### YOUR OBJECTIVE
Look through the listing below, and wherever a line has the string "Global", pull it out.

-- PROVIDED RECORDS follows --

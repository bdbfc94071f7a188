//! One thread, and one pass or several.
ghost use Rattle.desk_shared.specs.Passes.{Owns};

use super::super::build::{agent, cell, commit, desk};
use super::super::scenes::is_scene;
use super::build::{share, split};
use desk_core::{AskFault, Refusal};
use desk_shared::{Pass, ShareFault, SharedDesk, SplitFault};
use std::alloc::Global;
use std::mem::forget;
use std::process::Abort;
use std::sync::Wait;

const SCENE: &[&str] = &["agent 3 0,0 2,0"];

const CLOSED: &[&str] = &["agent 3 0,0 2,0", "close 1,0"];

// The desk comes back where it isn't for so many planners.
fn is_for_none(rt: &impl Abort, alloc: Global, planners: u32) {
    match SharedDesk::open(alloc, desk(rt, alloc, SCENE, 10), planners) {
        Ok(shared) => {
            forget(shared);
            panic!(rt; "too many planners, or none");
        }
        Err((fault, back)) => {
            assert!(rt; fault == ShareFault::BadPlanners);
            forget(back);
        }
    }
}

#[test]
fn shared_by_none_and_by_too_many(rt: HostRuntime) {
    is_for_none(&rt, rt.alloc(), 0);
    is_for_none(&rt, rt.alloc(), 257);
}

// A refused call gives the turn back too.
#[test]
fn refusals_through_a_pass(rt: HostRuntime) {
    let alloc = rt.alloc();
    let (shared, mut pass) = share(&rt, alloc, desk(&rt, alloc, SCENE, 10), 1);
    let ahead = commit(&rt, alloc, pass.planner(), 1, &["goal 3 1,0"]);
    match shared.commit(&rt, &mut pass, ahead) {
        Ok(_) => panic!(rt; "a base above the version"),
        Err((why, back)) => {
            assert!(rt; why == Refusal::Ahead { now: 0 } && back.base() == 1);
            forget(back);
        }
    }
    let (nine, corner) = (agent(&rt, 9), cell(&rt, 0, 0));
    let unknown = shared.distance(&rt, &mut pass, nine, corner);
    assert!(rt; unknown == Err(AskFault::UnknownAgent) && shared.front(&mut pass) == 0);
    forget((shared, pass));
}

// No other pass can be had.
fn is_full(rt: &impl Abort, shared: &SharedDesk, pass: &mut Pass, full: SplitFault)
    requires { Owns shared.now pass.old }
    ensures { Owns shared.now pass.new }
{
    let answer = shared.split(pass);
    assert!(rt; matches!(&answer, Err(fault) if *fault == full));
    forget(answer);
}

// A commit of the line on the opening, which makes version 1.
fn commits<R: Wait + Abort>(rt: &R, alloc: Global, shared: &SharedDesk, pass: &mut Pass, line: &str)
    requires { Owns shared.now pass.old }
    ensures { Owns shared.now pass.new }
{
    let commit = commit(rt, alloc, pass.planner(), 0, &[line]);
    let answer = shared.commit(rt, pass, commit);
    assert!(rt; matches!(&answer, Ok(1)));
    forget(answer);
}

// The distance from (0,0) of agent 3.
fn far<R: Wait + Abort>(rt: &R, shared: &SharedDesk, pass: &mut Pass) -> Option<u32>
    requires { Owns shared.now pass.old }
    ensures { Owns shared.now pass.new }
{
    let (three, corner) = (agent(rt, 3), cell(rt, 0, 0));
    shared
        .distance(rt, pass, three, corner)
        .expect(rt, "a distance")
}

// One commit through the pass, a reading after it, and a distance.
fn commits_and_asks<R: Wait + Abort>(rt: &R, alloc: Global, shared: &SharedDesk, pass: &mut Pass)
    requires { Owns shared.now pass.old }
    ensures { Owns shared.now pass.new }
{
    commits(rt, alloc, shared, pass, "path 3 0,0 1,0");
    let reading = shared.reading(rt, pass).expect(rt, "memory");
    let line = reading.report.lines.items().first().expect(rt, "a line");
    assert!(rt; reading.version == 1 && line.settle == 1);
    forget(reading);
    assert!(rt; shared.front(pass) == 1);
    assert!(rt; far(rt, shared, pass) == Some(2));
}

// The wrong body close_always_lost gives no desk back. The wrong body one_lock_round_everything
// can't be written: `front` has no bound by which it could wait.
#[test]
fn shared_by_one_and_shared_distance(rt: HostRuntime) {
    let alloc = rt.alloc();
    let (shared, mut pass) = share(&rt, alloc, desk(&rt, alloc, SCENE, 10), 1);
    assert!(rt; shared.owns(&pass) && pass.planner().number() == 0);
    commits_and_asks(&rt, alloc, &shared, &mut pass);
    let full = SplitFault::PassesFull { planners: 1 };
    is_full(&rt, &shared, &mut pass, full);
    let closed = shared.close(pass).expect(&rt, "the desk");
    assert!(rt; closed.journal().len() == 1);
    forget(closed);
}

#[test]
fn split_until_full(rt: HostRuntime) {
    let alloc = rt.alloc();
    let (shared, mut first) = share(&rt, alloc, desk(&rt, alloc, SCENE, 10), 3);
    let full = SplitFault::PassesFull { planners: 3 };
    let mut second = split(&rt, &shared, &mut first);
    assert!(rt; second.planner().number() == 1);
    is_full(&rt, &shared, &mut second, full);
    let third = split(&rt, &shared, &mut first);
    assert!(rt; third.planner().number() == 2);
    shared.join(&mut first, third);
    is_full(&rt, &shared, &mut first, full);
    forget((shared, first, second));
}

#[test]
fn join_hands_on_numbers(rt: HostRuntime) {
    let alloc = rt.alloc();
    let (shared, mut first) = share(&rt, alloc, desk(&rt, alloc, SCENE, 10), 3);
    let mut second = split(&rt, &shared, &mut first);
    shared.join(&mut second, first);
    let third = split(&rt, &shared, &mut second);
    assert!(rt; second.planner().number() == 1 && third.planner().number() == 2);
    forget((shared, second, third));
}

// A snapshot is of that version, with the scene of the lines.
fn copies<R: Wait + Abort>(
    rt: &R,
    alloc: Global,
    shared: &SharedDesk,
    pass: &mut Pass,
    version: u64,
    lines: &[&str],
)
    requires { Owns shared.now pass.old }
    ensures { Owns shared.now pass.new }
{
    let copy = shared.snapshot(rt, pass).expect(rt, "memory");
    assert!(rt; copy.version == version && is_scene(rt, alloc, &copy.scene, lines));
    forget(copy);
}

// The first pass has asked, and then the second commits. Front, reading, distance and snapshot of
// the first all follow.
// The wrong body pass_answers_from_its_past tells what it last saw.
fn follows<R: Wait + Abort>(
    rt: &R,
    alloc: Global,
    shared: &SharedDesk,
    first: &mut Pass,
    second: &mut Pass,
)
    requires first { Owns shared.now first.old }
    requires second { Owns shared.now second.old }
    ensures first { Owns shared.now first.new }
    ensures second { Owns shared.now second.new }
{
    assert!(rt; far(rt, shared, first) == Some(2));
    copies(rt, alloc, shared, first, 0, SCENE);
    commits(rt, alloc, shared, second, "close 1,0");
    assert!(rt; far(rt, shared, first).is_none());
    copies(rt, alloc, shared, first, 1, CLOSED);
    assert!(rt; shared.front(first) == 1);
}

#[test]
fn reads_follow_an_unjoined_commit(rt: HostRuntime) {
    let alloc = rt.alloc();
    let (shared, mut first) = share(&rt, alloc, desk(&rt, alloc, SCENE, 10), 2);
    let mut second = split(&rt, &shared, &mut first);
    follows(&rt, alloc, &shared, &mut first, &mut second);
    let reading = shared.reading(&rt, &mut first).expect(&rt, "memory");
    shared.join(&mut first, second);
    let joined = shared.reading(&rt, &mut first).expect(&rt, "memory");
    assert!(rt; reading.version == 1 && joined == reading && shared.front(&mut first) == 1);
    forget((shared, first, reading, joined));
}
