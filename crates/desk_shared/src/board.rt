//! The table that the passes share.
//!
//! Word 0 is the length of the journal, and word 1 is 1 while a pass has the turn. Slot 0 is the
//! desk's place, and the desk is out with the pass that has the turn.
use atomic_table::{Seat, Shared, Table, TableRule};
use desk_core::{Commit, Desk};
use grid_cells::Planner;
use std::alloc::Global;
use std::collections::LinkedList;
use std::marker::PhantomData;
use std::snapshot::Snapshot;

/// Where a pass stands within a call. No value of it is made.
pub(crate) enum Stage {
    /// The first pass, before the desk lies in its place.
    Making,
    Idle,
    Holding,
    /// After a join: what the pass and the other had seen, the numbers of both, and the desk at
    /// the other's sharing.
    Joined(LinkedList<Commit>, LinkedList<Commit>, Planner, Planner, Desk),
}

/// What the table knows of a pass. No value of it is made.
pub(crate) struct Known {
    /// False once the pass was joined into another.
    pub live: bool,
    pub stage: Stage,
    /// The desk as it was when it was shared.
    pub start: Desk,
    /// For how many planners it was shared.
    pub planners: u32,
    /// What the pass has seen of the entries made since then.
    pub made: LinkedList<Commit>,
    /// The greatest front that it was told.
    pub floor: u64,
    pub planner: Planner,
    /// Which numbers it may give to another pass. A clause reads an array as a list of any length.
    pub unused: [bool; 0],
    /// The number of each pass that was joined into it, with the entries of this number.
    pub past: LinkedList<(Planner, LinkedList<Commit>)>,
}

/// What the table is told when it is made.
#[derive(Drop)]
pub(crate) struct About {
    pub start: Snapshot<Desk>,
    pub planners: u32,
    pub unused: [bool; 256],
}

/// The rule of the table.
pub(crate) struct Turns;

impl TableRule<Option<Desk>, Known, About> for Turns {
    ghost use Rattle.desk_shared.specs.Turns.{Ruled, first_known};

    ghost holds = { λ _. Ruled };

    ghost first = { λ about. first_known about.start.value about.planners about.unused };
}

pub(crate) type Top = Table<Option<Desk>, Known, About, Turns, Global>;

pub(crate) type Rows = Shared<Option<Desk>, Known, About, Turns>;

pub(crate) type Place = Seat<Option<Desk>, Known>;
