//! The planner numbers that a pass may give away: at each number whether it may.
ghost use Rattle.std.specs.Prelude.{◌≡◌, ℕ, false, slice_index_or, IfSome, IfNone};
ghost use Rattle.desk_shared.specs.Calls.{MayShare, HasNumbers, either_of};
ghost use Rattle.desk_shared.specs.Numbers.{IsLeastTrue};

use grid_cells::Planner;

// The numbers from 1 up to that one.
pub(crate) fn numbers_to(planners: u32) -> [bool; 256]
    requires { MayShare planners }
    ensures { HasNumbers planners result }
{
    let mut unused = [false; 256];
    for number in 1..planners as usize {
        unused[number] = true;
    }
    unused
}

// The least number, if there is one.
pub(crate) fn least(unused: &[bool; 256]) -> Option<Planner>
    ensures some { IfSome result (IsLeastTrue unused.now) }
    ensures none { IfNone result ((u : ℕ) → slice_index_or unused.now u false ≡ false) }
{
    for number in 0..256u32 {
        if unused[number as usize] {
            let Some(planner) = Planner::new(number) else {
                unreachable!()
            };
            return Some(planner);
        }
    }
    None
}

// Adds the others.
pub(crate) fn merge(unused: &mut [bool; 256], others: &[bool; 256])
    ensures { unused.new ≡ either_of unused.old others.now }
{
    for number in 0..256 {
        unused[number] = unused[number] || others[number];
    }
}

-- PROVIDED RECORDS concluded --

### ANSWER SPACE
use std::alloc::Global;
fn is_for_none(rt: &impl Abort, alloc: Global, planners: u32) {
fn commits<R: Wait + Abort>(rt: &R, alloc: Global, shared: &SharedDesk, pass: &mut Pass, line: &str)
fn commits_and_asks<R: Wait + Abort>(rt: &R, alloc: Global, shared: &SharedDesk, pass: &mut Pass)
    alloc: Global,
    alloc: Global,
use std::alloc::Global;
pub(crate) type Top = Table<Option<Desk>, Known, About, Turns, Global>;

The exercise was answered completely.